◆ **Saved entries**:

◇ ◇ ◇ ◇

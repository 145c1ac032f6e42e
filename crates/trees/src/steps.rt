//! Steps of a certificate tree, in the order in which they are read, and what it claims at its end.
use cluster::Element;
use domains::Part;
use reasons::Reason;

/// One step of a tree: what is done with the first region that is open.
#[derive(Clone, Copy)]
pub enum Step {
    /// It is split: first its plans with the element inside the part, and then those with it outside.
    Decide(Element, Part),
    /// The reason refutes what is inside the part, and the rest stays open.
    Cut(Element, Part, Reason),
    /// The reason refutes it whole.
    Fail(Reason),
    /// It is one valid plan of that cost.
    Plan(u64),
    /// Nothing is claimed of it.
    Left,
}

/// What a tree claims.
#[derive(Clone, Copy, Debug, PartialEq, Eq)]
pub enum Goal {
    /// The plan that was handed in has this cost, and no valid plan costs less.
    Optimal(u64),
    /// No plan is valid.
    Infeasible,
    /// Regions are left after so many decisions.
    Undecided(u64),
}
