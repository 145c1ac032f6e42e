//! Certificate trees: what proves that a plan is the best one, that there is none, or how far a search got.
#![tactic(auto)]

pub mod laws;
pub mod steps;

pub use steps::{Goal, Step};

◇ ◇ ◇ ◇

◆ **Problem to work on**: Going back over the entries above, copy word for word every line from the one that has "filename crates/trees/src/steps.rt" on through the one that has "a tree claims.".

◆ **Reply to the exercise**:
filename crates/trees/src/steps.rt
//! Steps of a certificate tree, in the order in which they are read, and what it claims at its end.
use cluster::Element;
use domains::Part;
use reasons::Reason;

/// One step of a tree: what is done with the first region that is open.
#[derive(Clone, Copy)]
pub enum Step {
    /// It is split: first its plans with the element inside the part, and then those with it outside.
    Decide(Element, Part),
    /// The reason refutes what is inside the part, and the rest stays open.
    Cut(Element, Part, Reason),
    /// The reason refutes it whole.
    Fail(Reason),
    /// It is one valid plan of that cost.
    Plan(u64),
    /// Nothing is claimed of it.
    Left,
}

/// What a tree claims.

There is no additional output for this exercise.